Assignment: In the listing below, pick out lines with "that".

Material shown:
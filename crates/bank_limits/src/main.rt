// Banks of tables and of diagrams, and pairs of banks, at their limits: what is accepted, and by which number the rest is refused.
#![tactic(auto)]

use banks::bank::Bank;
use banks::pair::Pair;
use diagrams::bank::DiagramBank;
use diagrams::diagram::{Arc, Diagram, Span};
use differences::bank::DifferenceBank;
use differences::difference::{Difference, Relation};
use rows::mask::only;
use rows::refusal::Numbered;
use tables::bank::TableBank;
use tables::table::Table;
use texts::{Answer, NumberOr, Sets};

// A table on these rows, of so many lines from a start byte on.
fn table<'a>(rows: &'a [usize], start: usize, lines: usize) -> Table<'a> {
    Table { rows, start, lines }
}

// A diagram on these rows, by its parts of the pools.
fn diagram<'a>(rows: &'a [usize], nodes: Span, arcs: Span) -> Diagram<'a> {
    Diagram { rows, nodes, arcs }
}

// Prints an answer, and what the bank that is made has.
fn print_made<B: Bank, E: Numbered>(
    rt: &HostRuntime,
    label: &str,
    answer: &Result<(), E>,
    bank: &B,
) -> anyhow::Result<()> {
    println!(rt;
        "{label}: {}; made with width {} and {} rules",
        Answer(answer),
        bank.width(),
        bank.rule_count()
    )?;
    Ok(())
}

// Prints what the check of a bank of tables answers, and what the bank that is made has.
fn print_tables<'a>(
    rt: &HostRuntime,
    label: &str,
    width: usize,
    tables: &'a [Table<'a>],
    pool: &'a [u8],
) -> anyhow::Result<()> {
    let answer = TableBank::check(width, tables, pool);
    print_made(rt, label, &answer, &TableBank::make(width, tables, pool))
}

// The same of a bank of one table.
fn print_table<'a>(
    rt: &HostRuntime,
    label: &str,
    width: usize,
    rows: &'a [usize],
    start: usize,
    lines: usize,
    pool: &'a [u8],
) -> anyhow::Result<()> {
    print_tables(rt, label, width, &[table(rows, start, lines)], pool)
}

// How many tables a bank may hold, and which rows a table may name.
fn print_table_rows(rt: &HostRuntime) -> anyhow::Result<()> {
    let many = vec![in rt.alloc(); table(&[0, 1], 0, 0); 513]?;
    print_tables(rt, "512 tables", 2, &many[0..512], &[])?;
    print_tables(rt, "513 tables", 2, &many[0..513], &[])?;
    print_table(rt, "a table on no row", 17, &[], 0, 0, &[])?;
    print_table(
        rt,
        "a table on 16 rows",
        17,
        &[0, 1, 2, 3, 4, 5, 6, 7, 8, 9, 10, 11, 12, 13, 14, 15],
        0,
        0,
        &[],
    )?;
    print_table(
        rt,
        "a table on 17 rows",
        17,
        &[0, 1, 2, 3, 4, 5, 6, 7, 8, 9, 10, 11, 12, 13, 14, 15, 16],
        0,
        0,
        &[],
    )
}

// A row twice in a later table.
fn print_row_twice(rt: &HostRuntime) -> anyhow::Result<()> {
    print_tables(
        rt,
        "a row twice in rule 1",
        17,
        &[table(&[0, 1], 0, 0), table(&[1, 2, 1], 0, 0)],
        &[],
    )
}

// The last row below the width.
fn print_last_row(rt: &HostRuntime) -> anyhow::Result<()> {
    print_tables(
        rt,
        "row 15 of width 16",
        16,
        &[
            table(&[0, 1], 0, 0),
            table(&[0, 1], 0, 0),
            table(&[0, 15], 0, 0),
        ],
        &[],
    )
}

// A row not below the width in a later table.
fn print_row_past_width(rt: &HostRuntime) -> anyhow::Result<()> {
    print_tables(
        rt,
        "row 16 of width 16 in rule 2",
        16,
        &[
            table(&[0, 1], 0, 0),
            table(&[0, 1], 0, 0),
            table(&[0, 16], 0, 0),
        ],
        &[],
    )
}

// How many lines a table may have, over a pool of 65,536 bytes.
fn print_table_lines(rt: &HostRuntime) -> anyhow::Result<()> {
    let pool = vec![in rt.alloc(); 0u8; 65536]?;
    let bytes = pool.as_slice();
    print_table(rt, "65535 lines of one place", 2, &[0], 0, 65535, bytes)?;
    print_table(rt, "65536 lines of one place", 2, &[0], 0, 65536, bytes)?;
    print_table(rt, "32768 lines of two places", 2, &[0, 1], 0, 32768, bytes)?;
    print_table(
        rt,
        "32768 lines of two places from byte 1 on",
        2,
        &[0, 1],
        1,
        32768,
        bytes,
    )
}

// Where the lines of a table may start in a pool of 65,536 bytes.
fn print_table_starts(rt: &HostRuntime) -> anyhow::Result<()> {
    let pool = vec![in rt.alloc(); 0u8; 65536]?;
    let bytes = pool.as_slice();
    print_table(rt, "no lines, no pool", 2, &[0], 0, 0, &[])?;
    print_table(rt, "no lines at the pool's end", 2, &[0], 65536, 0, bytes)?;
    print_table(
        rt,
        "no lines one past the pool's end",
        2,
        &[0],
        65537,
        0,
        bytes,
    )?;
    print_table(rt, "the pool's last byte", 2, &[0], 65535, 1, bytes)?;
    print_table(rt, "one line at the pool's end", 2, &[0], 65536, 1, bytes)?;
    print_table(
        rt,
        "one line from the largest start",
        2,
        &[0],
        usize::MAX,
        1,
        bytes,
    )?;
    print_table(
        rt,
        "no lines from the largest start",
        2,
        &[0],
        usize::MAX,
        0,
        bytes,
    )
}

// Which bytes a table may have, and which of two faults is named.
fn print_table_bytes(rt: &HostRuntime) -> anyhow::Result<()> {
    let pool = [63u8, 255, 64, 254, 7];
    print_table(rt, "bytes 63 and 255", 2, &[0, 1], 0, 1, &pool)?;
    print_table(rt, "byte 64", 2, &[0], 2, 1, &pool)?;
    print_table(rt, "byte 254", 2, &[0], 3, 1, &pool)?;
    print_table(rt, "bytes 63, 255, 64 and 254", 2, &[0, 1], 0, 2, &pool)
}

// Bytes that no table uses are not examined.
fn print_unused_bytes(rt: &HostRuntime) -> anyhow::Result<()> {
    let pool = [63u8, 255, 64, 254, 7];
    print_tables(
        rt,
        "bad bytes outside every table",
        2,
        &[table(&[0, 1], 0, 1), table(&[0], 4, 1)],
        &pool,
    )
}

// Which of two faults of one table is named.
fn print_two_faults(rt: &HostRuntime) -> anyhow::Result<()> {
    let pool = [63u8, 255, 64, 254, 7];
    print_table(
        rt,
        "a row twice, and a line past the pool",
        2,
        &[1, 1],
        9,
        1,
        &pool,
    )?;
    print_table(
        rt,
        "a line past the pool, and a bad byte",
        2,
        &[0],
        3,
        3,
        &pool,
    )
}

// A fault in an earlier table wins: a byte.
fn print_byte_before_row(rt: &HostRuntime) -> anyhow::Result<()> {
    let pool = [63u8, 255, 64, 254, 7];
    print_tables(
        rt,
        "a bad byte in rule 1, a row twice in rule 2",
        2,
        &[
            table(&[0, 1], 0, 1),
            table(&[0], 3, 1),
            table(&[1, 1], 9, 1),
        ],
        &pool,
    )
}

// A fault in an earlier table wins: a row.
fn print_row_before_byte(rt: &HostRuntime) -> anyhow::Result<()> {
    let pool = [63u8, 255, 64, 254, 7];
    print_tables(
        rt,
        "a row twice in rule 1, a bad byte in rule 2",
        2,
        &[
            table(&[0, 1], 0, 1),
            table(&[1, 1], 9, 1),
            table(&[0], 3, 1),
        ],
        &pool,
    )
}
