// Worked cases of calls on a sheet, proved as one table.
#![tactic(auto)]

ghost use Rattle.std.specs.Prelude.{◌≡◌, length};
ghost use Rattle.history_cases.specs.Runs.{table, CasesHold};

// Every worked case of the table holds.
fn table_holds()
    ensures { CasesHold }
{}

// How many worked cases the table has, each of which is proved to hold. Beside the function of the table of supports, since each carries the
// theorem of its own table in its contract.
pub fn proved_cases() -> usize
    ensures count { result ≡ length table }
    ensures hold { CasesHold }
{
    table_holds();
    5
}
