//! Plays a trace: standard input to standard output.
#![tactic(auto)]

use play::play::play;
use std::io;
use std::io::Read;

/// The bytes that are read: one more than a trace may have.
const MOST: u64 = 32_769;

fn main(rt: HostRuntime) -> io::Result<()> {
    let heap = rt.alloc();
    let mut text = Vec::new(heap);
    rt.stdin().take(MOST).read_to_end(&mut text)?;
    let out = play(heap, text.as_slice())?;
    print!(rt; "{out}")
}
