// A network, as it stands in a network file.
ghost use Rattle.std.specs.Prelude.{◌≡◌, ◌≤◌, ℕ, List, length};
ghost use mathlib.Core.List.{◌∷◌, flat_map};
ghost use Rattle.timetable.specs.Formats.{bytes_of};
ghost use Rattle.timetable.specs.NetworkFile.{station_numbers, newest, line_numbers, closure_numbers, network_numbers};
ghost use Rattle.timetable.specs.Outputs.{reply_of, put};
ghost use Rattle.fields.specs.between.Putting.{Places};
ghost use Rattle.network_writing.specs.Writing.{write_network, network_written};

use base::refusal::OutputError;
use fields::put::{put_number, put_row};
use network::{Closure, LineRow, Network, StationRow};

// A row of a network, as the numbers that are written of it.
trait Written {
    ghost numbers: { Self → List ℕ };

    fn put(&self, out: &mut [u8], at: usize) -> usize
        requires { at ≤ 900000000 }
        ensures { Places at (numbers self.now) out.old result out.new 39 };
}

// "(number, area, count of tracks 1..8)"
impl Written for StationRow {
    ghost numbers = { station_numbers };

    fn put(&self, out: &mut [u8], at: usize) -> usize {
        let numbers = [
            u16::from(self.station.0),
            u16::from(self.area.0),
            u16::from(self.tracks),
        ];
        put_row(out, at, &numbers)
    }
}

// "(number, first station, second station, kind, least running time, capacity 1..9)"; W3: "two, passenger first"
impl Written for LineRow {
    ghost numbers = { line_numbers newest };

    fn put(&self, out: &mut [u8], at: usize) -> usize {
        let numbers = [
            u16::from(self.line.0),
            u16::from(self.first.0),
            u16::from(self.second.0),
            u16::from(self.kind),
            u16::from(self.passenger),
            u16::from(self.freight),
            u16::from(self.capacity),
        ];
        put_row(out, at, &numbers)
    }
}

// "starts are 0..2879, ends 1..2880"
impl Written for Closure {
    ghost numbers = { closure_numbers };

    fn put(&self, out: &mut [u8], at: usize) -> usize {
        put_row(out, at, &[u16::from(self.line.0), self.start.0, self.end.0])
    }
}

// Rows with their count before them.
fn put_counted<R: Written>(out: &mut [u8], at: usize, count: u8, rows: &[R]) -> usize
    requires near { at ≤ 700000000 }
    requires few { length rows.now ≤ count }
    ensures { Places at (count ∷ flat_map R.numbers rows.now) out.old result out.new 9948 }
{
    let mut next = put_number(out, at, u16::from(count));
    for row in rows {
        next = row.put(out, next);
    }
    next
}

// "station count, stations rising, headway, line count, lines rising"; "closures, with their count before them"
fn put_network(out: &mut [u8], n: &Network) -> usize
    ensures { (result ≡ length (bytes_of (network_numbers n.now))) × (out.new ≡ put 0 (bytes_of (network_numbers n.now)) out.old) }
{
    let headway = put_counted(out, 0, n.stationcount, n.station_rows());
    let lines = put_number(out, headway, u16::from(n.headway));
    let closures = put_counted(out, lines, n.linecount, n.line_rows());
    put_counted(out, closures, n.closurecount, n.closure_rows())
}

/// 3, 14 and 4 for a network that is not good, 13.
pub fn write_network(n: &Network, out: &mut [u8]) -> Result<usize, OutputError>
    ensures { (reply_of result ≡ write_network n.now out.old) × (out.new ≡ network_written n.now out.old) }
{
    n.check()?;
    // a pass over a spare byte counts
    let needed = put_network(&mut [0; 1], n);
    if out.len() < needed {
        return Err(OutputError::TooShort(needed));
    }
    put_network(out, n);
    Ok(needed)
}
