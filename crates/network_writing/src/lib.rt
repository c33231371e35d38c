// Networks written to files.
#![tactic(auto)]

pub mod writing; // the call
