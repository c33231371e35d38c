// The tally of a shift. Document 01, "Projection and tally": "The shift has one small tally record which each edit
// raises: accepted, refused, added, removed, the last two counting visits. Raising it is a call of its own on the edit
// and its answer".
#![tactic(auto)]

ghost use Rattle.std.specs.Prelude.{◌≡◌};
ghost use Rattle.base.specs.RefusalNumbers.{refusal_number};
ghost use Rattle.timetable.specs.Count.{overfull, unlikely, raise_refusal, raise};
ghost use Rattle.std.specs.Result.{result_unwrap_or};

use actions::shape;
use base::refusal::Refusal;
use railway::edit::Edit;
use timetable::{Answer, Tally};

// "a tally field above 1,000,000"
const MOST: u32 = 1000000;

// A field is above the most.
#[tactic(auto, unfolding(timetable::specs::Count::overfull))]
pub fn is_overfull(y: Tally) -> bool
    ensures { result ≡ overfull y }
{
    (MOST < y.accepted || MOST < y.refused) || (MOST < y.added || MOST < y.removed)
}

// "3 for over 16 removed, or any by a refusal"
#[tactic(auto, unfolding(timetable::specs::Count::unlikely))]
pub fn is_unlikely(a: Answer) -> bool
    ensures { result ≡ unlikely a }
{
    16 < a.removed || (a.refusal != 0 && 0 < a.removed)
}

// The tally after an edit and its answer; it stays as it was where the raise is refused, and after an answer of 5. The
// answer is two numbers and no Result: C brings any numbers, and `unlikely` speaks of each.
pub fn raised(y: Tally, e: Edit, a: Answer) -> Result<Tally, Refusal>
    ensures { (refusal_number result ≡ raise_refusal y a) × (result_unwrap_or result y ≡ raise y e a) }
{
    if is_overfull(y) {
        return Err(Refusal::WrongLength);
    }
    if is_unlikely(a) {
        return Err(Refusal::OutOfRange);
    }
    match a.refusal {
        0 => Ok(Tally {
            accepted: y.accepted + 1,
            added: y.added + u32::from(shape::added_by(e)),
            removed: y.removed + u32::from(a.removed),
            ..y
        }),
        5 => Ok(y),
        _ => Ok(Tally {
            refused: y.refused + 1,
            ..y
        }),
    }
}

Task solution:
// Prints an answer, and what the bank that is made has.
// Prints what the check of a bank of tables answers, and what the bank that is made has.
// Bytes that no table uses are not examined.
/// The bytes that are read: one more than a trace may have.
// A row of a network, as the numbers that are written of it.
/// 3, 14 and 4 for a network that is not good, 13.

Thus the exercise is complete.